Hacker News new | ask | show | jobs
by coder543 2590 days ago
Segfaults are the ideal case for memory errors, and those are the most easily caught and fixed, so you're least likely to see them. But, often those memory errors result in silent corruption which can be exploited, and that's harder to detect, especially if it relies on very specific corner cases. `curl` has had a number of these vulnerabilities over the last several years, for example.

Something as simple as `ls` is probably so small and battle tested that it's not an issue, but if you're writing an all-new, not-battle-tested tool, why wouldn't you want stronger guarantees? The new tool is being written for the features, but it's not fun to write vulnerabilities into something that should be simple and "just work."

Languages like Go and Ruby are also mostly memory safe, so those are generally fine picks here too, but every language has trade offs. In this case, the author clearly cares about performance, which Ruby does not care about.

Rust also has a built-in testing harness, which is a lot more convenient IMHO than using whatever C testing framework you might have a predisposition towards.

1 comments

Regarding segfaults, when I was interviewing devs for C++ roles, I'd ask questions about a simple function like this:

  std::string foo(bool flag)
  {
    if (flag)
      return "true";
  }
Questions I'd ask: * Is the function well formed (Yes - functions need not return a value on all paths due to C ancestory, even if the return type has a non trivial actor - not sure if this is still considered well formed, but I think it was as least to C++11) * what happens if 'foo' is called with true? (Returns "true" as one would expect) * what happens if 'foo' is called with false? (Undefined or implementation defined behavior, but generally nothing nice - segfault, acces violation, etc)

* if it crashes, where, when and why does it crash? (Technically since its undefined, nearly any answer here suffices, if it can be backed up. Since practically, most optimizing compilers assume UB can never happen, when you return nothing from a non-void function, the compiler will attempt to invoke the destructor of a non existent object instance (assuming non POD) and boom.)

I asked this because it was a distilled example of a real world rare crash that was extremely difficult bug to track down because the crash location is often know where near the offending function.

I remember getting into a heated argument with a coworker when I claimed it should have been a compilation error. IIRC, he claimed it to be a halting problem and that the compiler couldn't determine that all paths didnt return a value. I called BS, citing at the time (circa 2004) that the new compiler on the block for C# could reliably emit errors when not all return paths returned a value.

I also like it that in C++, it's a very rare example of a very terse example dealing with a number of topics such as undefined/implementation defined behavior, debugging, compilation settings (warning levels, etc) all in a mere 4 lines of codes. With 4 LOC, which is straight forward and simple for the candidate to mentally parse, I can gleam a lot about their understanding of the language (and it's potential pitfalls).

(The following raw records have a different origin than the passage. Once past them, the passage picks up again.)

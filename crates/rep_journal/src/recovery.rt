//! The frames of contents.
ghost use Rattle.std.specs.Prelude.{◌≡◌, ◌≢◌, ◌⊎◌, ◌+◌, ◌<◌, ◌≤◌, [], length, IfErr, IfOk, IfSome, MatchResult};
ghost use Rattle.rep_io.specs.Causes.{Rose};
ghost use Rattle.rep_journal.specs.Head.{IsOpen};
ghost use Rattle.rep_journal.specs.State.{IsKeptBy, IsRead};
ghost use Rattle.rep_journal.specs.Recovery.{RestsFrom};
ghost use Rattle.rep_journal.specs.Outcome.{RestsUnlessFailed};
ghost use Rattle.rep_journal.specs.Finding.{Finds, HidesNoFault};
ghost use Rattle.rep_journal.specs.Listed.{most_frames};
ghost use Rattle.rep_journal.specs.Scan.{IsScanned, IsScannedTo};

use crate::error::WhyNot;
use crate::frame_list::FrameList;
use crate::head::{Head, read_head};
use crate::scan::take_frames;
use crate::stop::Stop;
use rep_disk::Disk;
use rep_io::OutOfMemory;
use std::alloc::{AllocError, Global};

/// How many bytes are read at a time.
const PIECE: usize = 65_536;

fn zeros(alloc: Global) -> Result<Vec<u8>, AllocError>
    ensures { IfOk result (λ v. length v.items ≡ 65536) }
{
    vec![in alloc; 0; PIECE]
}

// The frames before a closed gate, of which there are some.
fn kept(list: FrameList) -> Result<FrameList, WhyNot>
    ensures kept { IfOk result (λ found. found ≡ list) }
    ensures some { IfOk result (λ found. 1 ≤ length found.frames) }
    ensures none { IfErr result (λ why. (why ≡ WhyNot.Blank) × (list.frames ≡ [])) }
{
    if list.count() == 0 {
        return Err(WhyNot::Blank);
    }
    Ok(list)
}

/// Reads a piece of the contents from the gate behind the frames on, and takes its frames.
fn read_piece<D: Disk>(
    disk: &mut D,
    buffer: &mut [u8],
    list: &mut FrameList,
) -> Result<Stop, WhyNot>
    requires { length buffer.old ≡ 65536 }
    ensures scans { IfSome (D.shown disk.old).contents (λ bytes. IsScanned bytes list.old.frames
        → IfOk result (λ stop. IsScannedTo bytes list.new.frames stop)) }
    ensures limit { length list.old.frames ≤ most_frames }
    ensures more { result ≡ Ok Stop.Cut → length list.old.frames < length list.new.frames }
    ensures why { IfErr result (λ why. (why ≡ WhyNot.DeviceFault) ⊎ (why ≡ WhyNot.OutOfMemory)) }
    ensures kept { IsRead (D.shown disk.old) (D.shown disk.new) }
    ensures cause { IfErr result (λ why. why ≡ WhyNot.DeviceFault → Rose (D.shown disk.old).faults (D.shown disk.new).faults) }
    ensures no_fault { HidesNoFault (D.shown disk.old) (D.shown disk.new) result }
{
    let Ok(count) = disk.read_at(list.end(), buffer) else {
        return Err(WhyNot::DeviceFault);
    };
    if count == 0 {
        return Ok(Stop::Broken);
    }
    let is_last = count < PIECE;
    match take_frames(&buffer[..count], is_last, list) {
        Ok(stop) => Ok(stop),
        Err(OutOfMemory) => Err(WhyNot::OutOfMemory),
    }
}

/// Reads the frames of contents that have the magic and an open first gate, piece by piece.
fn read_pieces<D: Disk>(
    disk: &mut D,
    buffer: &mut [u8],
    list: FrameList,
) -> Result<FrameList, WhyNot>
    requires open_first { IfSome (D.shown disk.old).contents IsOpen }
    requires size { length buffer.old ≡ 65536 }
    requires none { list.frames ≡ [] }
    ensures finds { Finds (D.shown disk.old).contents result }
    ensures some { IfOk result (λ found. 1 ≤ length found.frames) }
    ensures not_present { IfErr result (λ why. why ≢ WhyNot.Present) }
    ensures kept { IsRead (D.shown disk.old) (D.shown disk.new) }
    ensures cause { IfErr result (λ why. why ≡ WhyNot.DeviceFault → Rose (D.shown disk.old).faults (D.shown disk.new).faults) }
    ensures no_fault { HidesNoFault (D.shown disk.old) (D.shown disk.new) result }
{
    let mut list = list;
    loop {
        match read_piece(disk, buffer, &mut list) {
            Err(why) => return Err(why),
            Ok(Stop::Closed) => return kept(list),
            Ok(Stop::Broken) => return Err(WhyNot::Damaged { at: list.end() }),
            Ok(Stop::Cut) => {}
        }
    }
}

/// The same, with a buffer for a piece.
fn read_frames<D: Disk>(alloc: Global, disk: &mut D) -> Result<FrameList, WhyNot>
    requires { IfSome (D.shown disk.old).contents IsOpen }
    ensures finds { Finds (D.shown disk.old).contents result }
    ensures some { IfOk result (λ found. 1 ≤ length found.frames) }
    ensures not_present { IfErr result (λ why. why ≢ WhyNot.Present) }
    ensures kept { IsRead (D.shown disk.old) (D.shown disk.new) }
    ensures cause { IfErr result (λ why. why ≡ WhyNot.DeviceFault → Rose (D.shown disk.old).faults (D.shown disk.new).faults) }
    ensures no_fault { HidesNoFault (D.shown disk.old) (D.shown disk.new) result }
{
    let Ok(mut buffer) = zeros(alloc) else {
        return Err(WhyNot::OutOfMemory);
    };
    read_pieces(disk, &mut buffer, FrameList::new(alloc))
}

/// Makes sure of the contents, and reads their frames.
pub(crate) fn find<D: Disk>(alloc: Global, disk: &mut D) -> Result<FrameList, WhyNot>
    ensures finds { Finds (D.shown disk.old).contents result }
    ensures not_present { IfErr result (λ why. why ≢ WhyNot.Present) }
    ensures kept { IsKeptBy (D.shown disk.old) (D.shown disk.new) }
    ensures some { IfOk result (λ list. 1 ≤ length list.frames) }
    ensures rest { MatchResult result
        (λ _. RestsFrom ((D.shown disk.old).moment + 2) (D.shown disk.new))
        (λ why. RestsUnlessFailed why (D.shown disk.old) (D.shown disk.new)) }
    ensures cause { IfErr result (λ why. why ≡ WhyNot.DeviceFault → Rose (D.shown disk.old).faults (D.shown disk.new).faults) }
    ensures no_fault { HidesNoFault (D.shown disk.old) (D.shown disk.new) result }
{
    if disk.sync().is_err() {
        return Err(WhyNot::DeviceFault);
    }
    let Ok(head) = read_head(disk) else {
        return Err(WhyNot::DeviceFault);
    };
    match head {
        Head::Short | Head::Closed => Err(WhyNot::Blank),
        Head::Foreign => Err(WhyNot::Foreign),
        Head::Open => read_frames(alloc, disk),
    }
}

Sorry if this got a little long winded and ranting.

> he claimed it to be a halting problem and that the compiler couldn't determine that all paths didnt return a value.

Theoretically we can't determine whether a function will return a value or not. In practice, heuristics get 99% of the way and the last 1% you can make the programmer put in a possibly redundant return statement.

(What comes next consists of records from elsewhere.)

ghost use Rattle.std.specs.Prelude.{◌≡◌, ◌+◌, ◌<◌, ◌≤◌, ◌↔◌, ◌⊎◌, length, slice_get, Some, ℕ, ◌≢◌, is_err, IsSome, IfOk, IfErr, IfSome, OnErr, OnOk, MatchResult};
ghost use Rattle.rep_io.specs.Causes.{Rose};
ghost use Rattle.rep_disk.specs.Disk.{IsUntouched};

use crate::error::{DeviceFault, NotMade, Stopped, WhyNot};
use crate::format::{ROOM_OF_FRAME, SIZE_OF_MAGIC};
use crate::frame::Frame;
use crate::frame_list::FrameList;
use crate::head::{Head, read_head};
use crate::putting::{append, begin};
use crate::recovery::find;
use crate::vacant::Vacant;
use rep_disk::Disk;
use rep_io::OutOfMemory;
use std::alloc::Global;
use std::marker::Model;

/// A journal over a disk: the frames that it has. In this form it keeps them in a list.
#[derive(Drop)]
pub struct Journal<D: Disk> {
    disk: D,
    list: FrameList,
    // for how many frames more there is room, in the list and in the disk
    spare: u32,
    faults: u64,
}

impl<D: Disk> Model for Journal<D> {
    ghost use Rattle.rep_journal.specs.State.{State};
    ghost use Rattle.rep_journal.specs.Fields.{IsKept};

    ghost Value = { State D };

    ghost view = { λ j. record { disk = j.disk; frames = j.list.frames; spare = j.spare; faults = j.faults } };

    ghost invariant = { λ j. IsKept (D.shown j.disk) j.list j.spare };
}

impl<D: Disk> Journal<D> {
    ghost use Rattle.rep_journal.specs.Format.{BrokenAt, IsBlank, IsForeign, IsOfKind, IsPresent, Keeps, gate_at};
    ghost use Rattle.rep_journal.specs.State.{Appends, Begins, FailsToBegin, IsKeptBy, IsRead, IsSame, IsSettled, StopsAt};
    ghost use Rattle.rep_journal.specs.Recovery.{Creates, OpensGate, Puts, RestsFrom};
    ghost use Rattle.rep_journal.specs.Outcome.{Refuses, RestsUnlessFailed};
    ghost use Rattle.rep_journal.specs.Fields.{IsBlankBy};
    ghost use Rattle.rep_journal.specs.Listed.{most_frames};

    /// Looks at a disk on which a journal is to be made, and takes all memory that `create` needs. It writes nothing.
    ///
    /// # Errors
    ///
    /// `Foreign` exactly where the contents aren't blank and lack the magic, `Present` exactly where they aren't blank
    /// and have it, `DeviceFault` exactly where the disk failed in this call, and `OutOfMemory`.
    pub fn look(alloc: Global, disk: D) -> Result<Vacant<D>, NotMade<D>>
        ensures vacant { IfOk result (λ vacant. IfSome (D.shown disk).contents IsBlank) }
        ensures foreign { Refuses IsForeign WhyNot.Foreign (D.shown disk).contents result }
        ensures present { Refuses IsPresent WhyNot.Present (D.shown disk).contents result }
        ensures device_fault { IfErr result (λ e. e.why ≡ WhyNot.DeviceFault → Rose (D.shown disk).faults (D.shown e.disk).faults) }
        ensures no_fault { MatchResult result
            (λ vacant. (D.shown vacant).faults ≡ (D.shown disk).faults)
            (λ e. e.why ≢ WhyNot.DeviceFault → (D.shown e.disk).faults ≡ (D.shown disk).faults) }
        ensures no_other { IfErr result (λ e. (e.why ≡ WhyNot.Foreign) ⊎ (e.why ≡ WhyNot.Present) ⊎ (e.why ≡ WhyNot.DeviceFault) ⊎ (e.why ≡ WhyNot.OutOfMemory)) }
        ensures kept { MatchResult result (λ vacant. IsRead (D.shown disk) (D.shown vacant)) (λ e. IsRead (D.shown disk) (D.shown e.disk)) }
    {
        let mut disk = disk;
        let Ok(head) = read_head(&mut disk) else {
            return Err(NotMade {
                disk,
                why: WhyNot::DeviceFault,
            });
        };
        match head {
            Head::Foreign => Err(NotMade {
                disk,
                why: WhyNot::Foreign,
            }),
            Head::Open => Err(NotMade {
                disk,
                why: WhyNot::Present,
            }),
            Head::Short => Journal::vacant(alloc, disk, true),
            Head::Closed => Journal::vacant(alloc, disk, false),
        }
    }

    // Takes the memory for a journal.
    fn vacant(alloc: Global, disk: D, is_short: bool) -> Result<Vacant<D>, NotMade<D>>
        requires { IsBlankBy is_short (D.shown disk) }
        ensures memory { IfErr result (λ e. e.why ≡ WhyNot.OutOfMemory) }
        ensures untouched { MatchResult result (λ vacant. IsUntouched (D.shown disk) (D.shown vacant)) (λ e. IsUntouched (D.shown disk) (D.shown e.disk)) }
    {
        let mut disk = disk;
        let mut list = FrameList::new(alloc);
        if list.reserve().is_err() || disk.reserve(SIZE_OF_MAGIC + ROOM_OF_FRAME).is_err() {
            return Err(NotMade {
                disk,
                why: WhyNot::OutOfMemory,
            });
        }
        Ok(Vacant {
            disk,
            is_short,
            list,
        })
    }

    /// Makes a journal on a vacant disk, with its first frame. Where the contents have at most 17 bytes, it writes the
    /// magic and a closed gate before. It takes no memory.
    ///
    /// # Errors
    ///
    /// `DeviceFault` alone, and exactly where the disk failed in this call. The contents are then blank, or have the
    /// first frame.
    pub fn create(vacant: Vacant<D>, first: &Frame) -> Result<Journal<D>, NotMade<D>>
        ensures created { IfOk result (Begins D.shown first.now vacant) }
        ensures device_fault { IfErr result (λ e. (e.why ≡ WhyNot.DeviceFault) × FailsToBegin first.now (D.shown vacant) (D.shown e.disk)) }
        ensures crash { MatchResult result (λ journal. Creates first.now (D.shown vacant) (D.shown journal.disk)) (λ e. Creates first.now (D.shown vacant) (D.shown e.disk)) }
    {
        let Vacant {
            mut disk,
            is_short,
            mut list,
        } = vacant;
        if begin(&mut disk, is_short, first).is_err() {
            return Err(NotMade {
                disk,
                why: WhyNot::DeviceFault,
            });
        }
        list.push(first.copy());
        Ok(Journal {
            disk,
            list,
            spare: 0,
            faults: 0,
        })
    }

    /// Finds the journal that stands on a disk. It makes sure of the contents first, and then reads them.
    ///
    /// # Errors
    ///
    /// `Blank` exactly where the contents are blank, `Foreign` exactly where they aren't blank and lack the magic, and
    /// `Damaged` exactly where they aren't blank and an open gate isn't followed by a whole frame and a gate byte.
    /// `DeviceFault` exactly where the disk failed in this call, and `OutOfMemory`, also where there are more frames than
    /// a journal can have.
    pub fn reopen(alloc: Global, disk: D) -> Result<Journal<D>, NotMade<D>>
        ensures reopened { IfOk result (λ journal. IfSome (D.shown disk).contents (λ bytes. IsOfKind bytes (Keeps journal.frames))) }
        ensures some { IfOk result (λ journal. 1 ≤ length journal.frames) }
        ensures no_faults { IfOk result (λ journal. journal.faults ≡ 0) }
        ensures blank { Refuses IsBlank WhyNot.Blank (D.shown disk).contents result }
        ensures foreign { Refuses IsForeign WhyNot.Foreign (D.shown disk).contents result }
        ensures damaged { (at : ℕ) → Refuses (λ bytes. BrokenAt bytes at) (WhyNot.Damaged at) (D.shown disk).contents result }
        ensures device_fault { IfErr result (λ e. e.why ≡ WhyNot.DeviceFault → Rose (D.shown disk).faults (D.shown e.disk).faults) }
        ensures no_fault { MatchResult result
            (λ journal. (D.shown journal.disk).faults ≡ (D.shown disk).faults)
            (λ e. e.why ≢ WhyNot.DeviceFault → (D.shown e.disk).faults ≡ (D.shown disk).faults) }
        ensures not_present { IfErr result (λ e. e.why ≢ WhyNot.Present) }
        ensures kept { MatchResult result (λ journal. IsKeptBy (D.shown disk) (D.shown journal.disk)) (λ e. IsKeptBy (D.shown disk) (D.shown e.disk)) }
        ensures rest { MatchResult result
            (λ journal. RestsFrom ((D.shown disk).moment + 2) (D.shown journal.disk))
            (λ e. RestsUnlessFailed e.why (D.shown disk) (D.shown e.disk)) }
    {
        let mut disk = disk;
        match find(alloc, &mut disk) {
            Ok(list) => Ok(Journal {
                disk,
                list,
                spare: 0,
                faults: 0,
            }),
            Err(why) => Err(NotMade { disk, why }),
        }
    }

    /// How many frames there are.
    pub fn count(&self) -> u32
        ensures count { result ≡ length self.now.frames }
        ensures within { result ≤ most_frames }
        ensures room { length self.now.frames + self.now.spare ≤ most_frames }
        ensures settled { IsSettled self.now.frames (D.shown self.now.disk) }
    {
        self.list.count()
    }

    /// The place of the gate in front of a frame, in bytes from the start of the contents.
    pub fn gate_of(&self, i: u32) -> u64
        requires { i < length self.now.frames }
        ensures { result ≡ gate_at self.now.frames i }
    {
        self.list.gate_of(i)
    }

    /// A frame.
    ///
    /// # Errors
    ///
    /// `DeviceFault` exactly where the disk failed in this call.
    pub fn frame(&mut self, i: u32) -> Result<Frame, DeviceFault>
        requires { i < length self.old.frames }
        ensures frame { IfOk result (λ frame. IsSome (D.shown self.old.disk).contents → slice_get self.old.frames i ≡ Some frame) }
        ensures device_fault { OnErr result (Rose (D.shown self.old.disk).faults (D.shown self.new.disk).faults) }
        ensures kept { IsSame D.shown (is_err result) self.old self.new }
    {
        Ok(self.list.frame(i))
    }

    /// Makes room for one frame more, in the journal and in its disk.
    ///
    /// # Errors
    ///
    /// `OutOfMemory`, also where the journal has the most frames that it can have.
    pub fn reserve(&mut self) -> Result<(), OutOfMemory>
        ensures made { OnOk result (1 ≤ self.new.spare) }
        ensures spare { self.old.spare ≤ self.new.spare }
        ensures frames { self.new.frames ≡ self.old.frames }
        ensures faults { self.new.faults ≡ self.old.faults }
        ensures untouched { IsUntouched (D.shown self.old.disk) (D.shown self.new.disk) }
    {
        if self.spare > 0 {
            return Ok(());
        }
        self.list.reserve()?;
        self.disk.reserve(ROOM_OF_FRAME)?;
        self.spare = 1;
        Ok(())
    }

    /// Appends a frame: writes it behind the closed gate and makes sure of it, and then opens the gate and makes sure
    /// of that. It takes no memory.
    ///
    /// # Errors
    ///
    /// `Stopped` exactly where the disk failed in this call. The contents then have the frames from before, with the new
    /// one or without it. Once the frame is sure, only the gate's byte is open to a crash, until the call has succeeded.
    pub fn put(self, frame: &Frame) -> Result<Journal<D>, Stopped<D>>
        requires { 1 ≤ self.spare }
        ensures put { IfOk result (Appends D.shown frame.now self) }
        ensures stopped { IfErr result (λ stopped. StopsAt D.shown frame.now self stopped.disk stopped.faults stopped.count) }
        ensures crash { MatchResult result
            (λ journal. Puts self.frames frame.now (D.shown self.disk) (D.shown journal.disk))
            (λ stopped. Puts self.frames frame.now (D.shown self.disk) (D.shown stopped.disk)) }
        ensures at_gate { MatchResult result
            (λ journal. OpensGate self.frames frame.now (D.shown self.disk) (D.shown journal.disk) ((D.shown self.disk).moment + 7))
            (λ stopped. OpensGate self.frames frame.now (D.shown self.disk) (D.shown stopped.disk) (D.shown stopped.disk).moment) }
    {
        let Journal {
            mut disk,
            mut list,
            spare,
            faults,
        } = self;
        if append(&mut disk, list.end(), frame).is_err() {
            return Err(Stopped {
                disk,
                faults: faults.saturating_add(1),
                count: list.count(),
            });
        }
        list.push(frame.copy());
        Ok(Journal {
            disk,
            list,
            spare: spare - 1,
            faults,
        })
    }

    /// The disk as it stands.
    pub fn disk(&self) -> &D
        ensures { result.now ≡ self.now.disk }
    {
        &self.disk
    }

    /// The disk.
    pub fn into_disk(self) -> D
        ensures disk { result ≡ self.disk }
        ensures settled { IsSettled self.frames (D.shown result) }
    {
        self.disk
    }
}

There are two different questions: "do all paths lead to returning a value?" and "will the function return a value?"

Answering the second in the general case is equivalent to solving the halting problem. But answering the first question is much simpler. Static analyzers aren't using a heuristic approach to the second question, they're solving a completely different problem.

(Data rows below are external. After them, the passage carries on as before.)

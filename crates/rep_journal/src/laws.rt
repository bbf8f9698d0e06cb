//! Laws of the layout. Each function does nothing; what it ensures is the law.
ghost use Rattle.std.specs.Prelude.{◌≡◌, ℕ, List};
ghost use Rattle.rep_journal.specs.Format.{Framed, IsJournalOf, Kind, IsOfKind};

/// Contents are a journal of one list of frames.
pub fn contents_tell_the_frames()
    ensures { (bytes : List ℕ) (some others : List Framed) → IsJournalOf bytes some → IsJournalOf bytes others → some ≡ others }
{}

/// Any contents are blank, foreign, damaged at one place or a journal of one list of frames, and just one of these.
pub fn contents_are_of_one_kind()
    ensures some { (bytes : List ℕ) → (kind : Kind) × IsOfKind bytes kind }
    ensures one { (bytes : List ℕ) (kind other : Kind) → IsOfKind bytes kind → IsOfKind bytes other → kind ≡ other }
{}
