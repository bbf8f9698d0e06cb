use crate::frame_list::FrameList;
use rep_disk::Disk;
use std::marker::Model;

/// A disk with blank contents, and the memory for the journal that `Journal::create` makes on it.
#[derive(Drop)]
pub struct Vacant<D: Disk> {
    pub(crate) disk: D,
    // whether the magic is still to be written
    pub(crate) is_short: bool,
    pub(crate) list: FrameList,
}

impl<D: Disk> Model for Vacant<D> {
    ghost use Rattle.rep_journal.specs.Fields.{IsVacant};

    ghost Value = { D };

    ghost view = { λ v. v.disk };

    ghost invariant = { λ v. IsVacant (D.shown v.disk) v.is_short v.list };
}

impl<D: Disk> Vacant<D> {
    ghost use Rattle.std.specs.Prelude.{◌≡◌, IfSome};
    ghost use Rattle.rep_journal.specs.Format.{IsBlank};

    /// The disk, with its contents as before.
    pub fn into_disk(self) -> D
        ensures disk { result ≡ self }
        ensures blank { IfSome (D.shown result).contents IsBlank }
    {
        self.disk
    }
}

Don't get me wrong, but if whole classes of errors, can be avoided by not choosing C++, why should I choose to use it?
Because you already know C++ and don't want or can't justify learning another language. That's a very valable reason.
Of course you can decide the type a function returns, to overkill this problem, just run any type inference algorithm powered by unification (e.g. hindley milner). Give undeclared variables the type NULL and you're all set since you can decide whether the function returns type NULL.

Your friend was confused because you cannot decide whether a certain line in your program will be executed. Since this is equivalent to the halting problem. Let's prove this! Assume we have a blackbox B(P,x,N) decides whether line N of program P will be executed given input x. Here, we can solve the halting problem:

```pseudocode

def Helper(sourcecode P, input x):

    [0] P(x)

    [1] print "What Do We Say to the God of Death?"
def Halts(sourcecode P, input x):

    if B(Helper,(P,x),1):

        return true

    else:

        return false
```

This means, given programs like your interview question, compiler cannot decide -- in general -- whether the program will crash or work. Of course, it's not too hard to find "good enough" heuristics that'll catch some cases and/or restricting your language to make it "harder" to encode such programs.

> Is the function well formed (Yes - functions need not return a value on all paths due to C ancestory, even if the return type has a non trivial actor - not sure if this is still considered well formed, but I think it was as least to C++11)

In C falling off the end of a function without returning is legal, as long as you don't use the return value. In C++ this is illegal.